* Source data *
//! The settings of cells, and the style of a cell.

ghost use Rattle.std.specs.Prelude.{◌≡◌, ⊤, option_map, OnOk, OnErr, IsOk, IsTrue, is_some};
ghost use Rattle.std.specs.Option.{ForSome};
ghost use Rattle.pg_config.specs.Settings.{no_settings, with_setting, HasRoom, is_by_column};
ghost use Rattle.pg_config.specs.Config.{get_padding, get_padding_color, get_alignment_horizontal, get_alignment_vertical, get_formatting};
ghost use Rattle.pg_config.specs.Config.{get_justification, get_justification_color, has_padding_color, has_justification, has_one_style};
ghost use Rattle.pg_config.specs.Cells.{style_at, style_of, IsStyleOfAll};
ghost use Rattle.pg_config.specs.Common.{has_one_style_but_across, IsStyleButAcross, IsSidedByColumn};

use crate::settings::Settings;
use crate::spanned::SpannedConfig;
use pg_layout::{
    ANSIBuf, AlignmentHorizontal, AlignmentVertical, Entity, Formatting, Indent, Position, Sides,
};
use std::alloc::{AllocError, Allocator, Global};

/// The settings of cells: each for all of them, for rows, columns and single ones.
#[derive(Debug, Drop)]
pub(crate) struct Cells<A: Allocator> {
    pub(crate) padding: Settings<Sides<Indent>, A>,
    pub(crate) padding_color: Settings<Sides<Option<ANSIBuf<A>>>, A>,
    pub(crate) alignment_horizontal: Settings<AlignmentHorizontal, A>,
    pub(super) alignment_vertical: Settings<AlignmentVertical, A>,
    pub(super) trim_horizontal: Settings<bool, A>,
    pub(super) trim_vertical: Settings<bool, A>,
    pub(super) line_alignment: Settings<bool, A>,
    pub(super) justification: Settings<char, A>,
    pub(super) justification_color: Settings<Option<ANSIBuf<A>>, A>,
}

impl<A: Allocator + Copy> Cells<A> {
    /// No settings. Allocates nothing.
    pub(super) fn new(alloc: A) -> Cells<A>
        ensures { result ≡ record {
          padding = no_settings;
          padding_color = no_settings;
          alignment_horizontal = no_settings;
          alignment_vertical = no_settings;
          trim_horizontal = no_settings;
          trim_vertical = no_settings;
          line_alignment = no_settings;
          justification = no_settings;
          justification_color = no_settings;
        } }
    {
        Cells {
            padding: Settings::new(alloc),
            padding_color: Settings::new(alloc),
            alignment_horizontal: Settings::new(alloc),
            alignment_vertical: Settings::new(alloc),
            trim_horizontal: Settings::new(alloc),
            trim_vertical: Settings::new(alloc),
            line_alignment: Settings::new(alloc),
            justification: Settings::new(alloc),
            justification_color: Settings::new(alloc),
        }
    }
}

impl<A: Allocator> SpannedConfig<A> {
    /// Sets the padding of cells: what separates their sides from their texts.
    pub fn set_padding(&mut self, entity: Entity, padding: Sides<Indent>) -> Result<(), AllocError>
    where
        A: Clone,
        ensures ok { OnOk result (self.new ≡ record self.old { padding = with_setting entity padding self.old.padding }) }
        ensures err { OnErr result (self.new ≡ self.old) }
        ensures global { entity ≡ Entity.Global → IsOk result }
        ensures again { HasRoom entity self.old.padding → IsOk result }
    {
        self.cells.padding.set(entity, padding)
    }

    /// The padding of a cell.
    #[tactic(auto, unfolding(crate::specs::Config::get_padding))]
    #[inline(always)]
    pub fn get_padding(&self, pos: Position) -> Sides<Indent>
        ensures { result ≡ get_padding self.now pos }
    {
        let default = Sides::filled(Indent::zero());
        self.cells.padding.get(pos).copied().unwrap_or(default)
    }

    /// Sets the colours of paddings.
    pub fn set_padding_color(
        &mut self,
        entity: Entity,
        color: Sides<Option<ANSIBuf<A>>>,
    ) -> Result<(), AllocError>
    where
        A: Clone,
        ensures ok { OnOk result (self.new ≡ record self.old { padding_color = with_setting entity color self.old.padding_color }) }
        ensures err { OnErr result (self.new ≡ self.old) }
        ensures global { entity ≡ Entity.Global → IsOk result }
        ensures again { HasRoom entity self.old.padding_color → IsOk result }
    {
        self.cells.padding_color.set(entity, color)
    }

    /// The colours of a cell's padding.
    #[tactic(auto, unfolding(crate::specs::Config::get_padding_color))]
    #[inline(always)]
    pub fn get_padding_color(&self, pos: Position) -> &Sides<Option<ANSIBuf<A>>>
        ensures { result.now ≡ get_padding_color self.now pos }
    {
        match self.cells.padding_color.get(pos) {
            Some(color) => color,
            None => &self.no_colors,
        }
    }

    /// Whether the colour of a padding was set.
    #[tactic(auto, unfolding(crate::specs::Config::has_padding_color))]
    pub fn has_padding_color(&self) -> bool
        ensures { result ≡ has_padding_color self.now }
    {
        self.cells.padding_color.is_set()
    }

    /// Sets the horizontal alignment of texts.
    pub fn set_alignment_horizontal(
        &mut self,
        entity: Entity,
        alignment: AlignmentHorizontal,
    ) -> Result<(), AllocError>
    where
        A: Clone,
        ensures ok { OnOk result (self.new ≡ record self.old { alignment_horizontal = with_setting entity alignment self.old.alignment_horizontal }) }
        ensures err { OnErr result (self.new ≡ self.old) }
        ensures global { entity ≡ Entity.Global → IsOk result }
        ensures again { HasRoom entity self.old.alignment_horizontal → IsOk result }
    {
        self.cells.alignment_horizontal.set(entity, alignment)
    }

    /// The horizontal alignment of a cell's text.
    #[tactic(auto, unfolding(crate::specs::Config::get_alignment_horizontal))]
    #[inline(always)]
    pub fn get_alignment_horizontal(&self, pos: Position) -> AlignmentHorizontal
        ensures { result ≡ get_alignment_horizontal self.now pos }
    {
        self.cells
            .alignment_horizontal
            .get(pos)
            .copied()
            .unwrap_or(AlignmentHorizontal::Left)
    }

    /// Sets the vertical alignment of texts.
    pub fn set_alignment_vertical(
        &mut self,
        entity: Entity,
        alignment: AlignmentVertical,
    ) -> Result<(), AllocError>
    where
        A: Clone,
        ensures ok { OnOk result (self.new ≡ record self.old { alignment_vertical = with_setting entity alignment self.old.alignment_vertical }) }
        ensures err { OnErr result (self.new ≡ self.old) }
        ensures global { entity ≡ Entity.Global → IsOk result }
        ensures again { HasRoom entity self.old.alignment_vertical → IsOk result }
    {
        self.cells.alignment_vertical.set(entity, alignment)
    }

    /// The vertical alignment of a cell's text.
    #[tactic(auto, unfolding(crate::specs::Config::get_alignment_vertical))]
    #[inline(always)]
    pub fn get_alignment_vertical(&self, pos: Position) -> AlignmentVertical
        ensures { result ≡ get_alignment_vertical self.now pos }
    {
        self.cells
            .alignment_vertical
            .get(pos)
            .copied()
            .unwrap_or(AlignmentVertical::Top)
    }

    /// Sets whether each line of a text is trimmed of white space.
    pub fn set_trim_horizontal(&mut self, entity: Entity, trims: bool) -> Result<(), AllocError>
    where
        A: Clone,
        ensures ok { OnOk result (self.new ≡ record self.old { trim_horizontal = with_setting entity trims self.old.trim_horizontal }) }
        ensures err { OnErr result (self.new ≡ self.old) }
        ensures global { entity ≡ Entity.Global → IsOk result }
        ensures again { HasRoom entity self.old.trim_horizontal → IsOk result }
    {
        self.cells.trim_horizontal.set(entity, trims)
    }

    /// Sets whether blank lines at the start and at the end of a text are left out.
    pub fn set_trim_vertical(&mut self, entity: Entity, trims: bool) -> Result<(), AllocError>
    where
        A: Clone,
        ensures ok { OnOk result (self.new ≡ record self.old { trim_vertical = with_setting entity trims self.old.trim_vertical }) }
        ensures err { OnErr result (self.new ≡ self.old) }
        ensures global { entity ≡ Entity.Global → IsOk result }
        ensures again { HasRoom entity self.old.trim_vertical → IsOk result }
    {
        self.cells.trim_vertical.set(entity, trims)
    }

    /// Sets whether each line of a text is aligned by its own width.
    pub fn set_line_alignment(&mut self, entity: Entity, aligns: bool) -> Result<(), AllocError>
    where
        A: Clone,
        ensures ok { OnOk result (self.new ≡ record self.old { line_alignment = with_setting entity aligns self.old.line_alignment }) }
        ensures err { OnErr result (self.new ≡ self.old) }
        ensures global { entity ≡ Entity.Global → IsOk result }
        ensures again { HasRoom entity self.old.line_alignment → IsOk result }
    {
        self.cells.line_alignment.set(entity, aligns)
    }

    /// How the lines of a cell's text are read and aligned.
    #[tactic(auto, unfolding(crate::specs::Config::get_formatting))]
    #[inline(always)]
    pub fn get_formatting(&self, pos: Position) -> Formatting
        ensures { result ≡ get_formatting self.now pos }
    {
        let cells = &self.cells;
        Formatting {
            horizontal_trim: cells.trim_horizontal.get(pos).copied().unwrap_or(false),
            vertical_trim: cells.trim_vertical.get(pos).copied().unwrap_or(false),
            allow_lines_alignment: cells.line_alignment.get(pos).copied().unwrap_or(false),
        }
    }

    /// Whether all cells have one style: no padding, alignment, trim or justification, and no colour
    /// of these, was set for a row, a column or a cell alone.
    #[tactic(auto, unfolding(crate::specs::Config::has_one_style))]
    pub fn has_one_style(&self) -> bool
        ensures { result ≡ has_one_style self.now }
    {
        let cells = &self.cells;
        (cells.padding.is_for_all() && cells.padding_color.is_for_all())
            && (cells.alignment_horizontal.is_for_all() && cells.alignment_vertical.is_for_all())
            && (cells.trim_horizontal.is_for_all()
                && (cells.trim_vertical.is_for_all() && cells.line_alignment.is_for_all()))
            && (cells.justification.is_for_all() && cells.justification_color.is_for_all())
    }

    /// Whether all cells have one style except for their horizontal alignments, as
    /// [`SpannedConfig::has_one_style`] tells it of the whole style.
    #[tactic(auto, unfolding(crate::specs::Common::has_one_style_but_across))]
    pub fn has_one_style_but_across(&self) -> bool
        ensures { result ≡ has_one_style_but_across self.now }
    {
        let cells = &self.cells;
        (cells.padding.is_for_all() && cells.padding_color.is_for_all())
            && cells.alignment_vertical.is_for_all()
            && (cells.trim_horizontal.is_for_all()
                && (cells.trim_vertical.is_for_all() && cells.line_alignment.is_for_all()))
            && (cells.justification.is_for_all() && cells.justification_color.is_for_all())
    }

    /// Whether each cell has the horizontal alignment of its column: none was set for a row or a cell
    /// alone.
    #[tactic(auto, using(crate::proofs::Rulesets::sided))]
    pub fn has_sides_by_column(&self) -> bool
        ensures set { result ≡ is_by_column self.now.alignment_horizontal }
        ensures sided { IsTrue result → IsSidedByColumn self.now }
    {
        self.cells.alignment_horizontal.is_by_column()
    }

    /// Sets the character that fills the room beside a text's lines.
    pub fn set_justification(&mut self, entity: Entity, fill: char) -> Result<(), AllocError>
    where
        A: Clone,
        ensures ok { OnOk result (self.new ≡ record self.old { justification = with_setting entity fill self.old.justification }) }
        ensures err { OnErr result (self.new ≡ self.old) }
        ensures global { entity ≡ Entity.Global → IsOk result }
        ensures again { HasRoom entity self.old.justification → IsOk result }
    {
        self.cells.justification.set(entity, fill)
    }

    /// The character that fills the room beside the lines of a cell's text.
    #[tactic(auto, unfolding(crate::specs::Config::get_justification))]
    #[inline(always)]
    pub fn get_justification(&self, pos: Position) -> char
        ensures { result ≡ get_justification self.now pos }
    {
        self.cells.justification.get(pos).copied().unwrap_or(' ')
    }

    /// Sets the colour of the room beside a text's lines, or none.
    pub fn set_justification_color(
        &mut self,
        entity: Entity,
        color: Option<ANSIBuf<A>>,
    ) -> Result<(), AllocError>
    where
        A: Clone,
        ensures ok { OnOk result (self.new ≡ record self.old { justification_color = with_setting entity color self.old.justification_color }) }
        ensures err { OnErr result (self.new ≡ self.old) }
        ensures global { entity ≡ Entity.Global → IsOk result }
        ensures again { HasRoom entity self.old.justification_color → IsOk result }
    {
        self.cells.justification_color.set(entity, color)
    }

    /// The colour of the room beside the lines of a cell's text.
    #[tactic(auto, unfolding(crate::specs::Config::get_justification_color))]
    #[inline(always)]
    pub fn get_justification_color(&self, pos: Position) -> Option<&ANSIBuf<A>>
        ensures { option_map (λ x. x.now) result ≡ get_justification_color self.now pos }
    {
        self.cells.justification_color.get(pos)?.as_ref()
    }

    /// Whether a justification or its colour was set.
    #[tactic(auto, unfolding(crate::specs::Config::has_justification))]
    pub fn has_justification(&self) -> bool
        ensures { result ≡ has_justification self.now }
    {
        self.cells.justification.is_set() || self.cells.justification_color.is_set()
    }
}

* Task directions *
State the count of lines in the preceding listing that include the string "aligns". No other words belong in the answer.

* Task answer *
3